## [Work to complete]
Wherever a line in the data below holds "crate", copy that line.

=== Available data ===

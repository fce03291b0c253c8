//! A run over one lock around all objects, by what its report says.

ghost use Rattle.std.specs.Prelude.{◌≤◌, length};

use crate::drains::{SHARED_REPORT, shared};
use abt_machine::{Want, Workload};
use abt_order::StoredOrder;
use abt_report::report;
use abt_work::AnyWork;
use hall_waves::run_in_hall;
use std::alloc::Global;
use std::sync::Wait;
use std::test::Fail;
use std::thread::Threads;

// How many times the run is repeated.
const TIMES: u32 = 10;

// The report of a run in a hall.
#[tactic(auto, using(crate::proofs::Storing::stores_calls))]
fn report_of<R: Threads + Wait + Sync>(
    rt: &R,
    alloc: Global,
    w: &Workload,
    orders: &[StoredOrder],
) -> Result<Vec<u8>, Want>
    requires { 2 ≤ length orders.now }
{
    w.known();
    let run = run_in_hall(rt, alloc, w, orders, &AnyWork, 10_000, false)?;
    report(alloc, w, &run.picture, run.outcome, run.steps)
}

#[test]
fn streams_in_a_hall_share_a_number(rt: HostRuntime) -> Result<(), Fail> {
    let alloc = rt.alloc();
    let orders = [StoredOrder::rotating(), StoredOrder::mirroring()];
    let w = shared(alloc)?;
    for _ in 0..TIMES {
        let report = report_of(&rt, alloc, &w, &orders)?;
        assert!(rt; report.as_slice() == SHARED_REPORT.as_bytes());
    }
    Ok(())
}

===

## [Result below]
use crate::drains::{SHARED_REPORT, shared};
#[tactic(auto, using(crate::proofs::Storing::stores_calls))]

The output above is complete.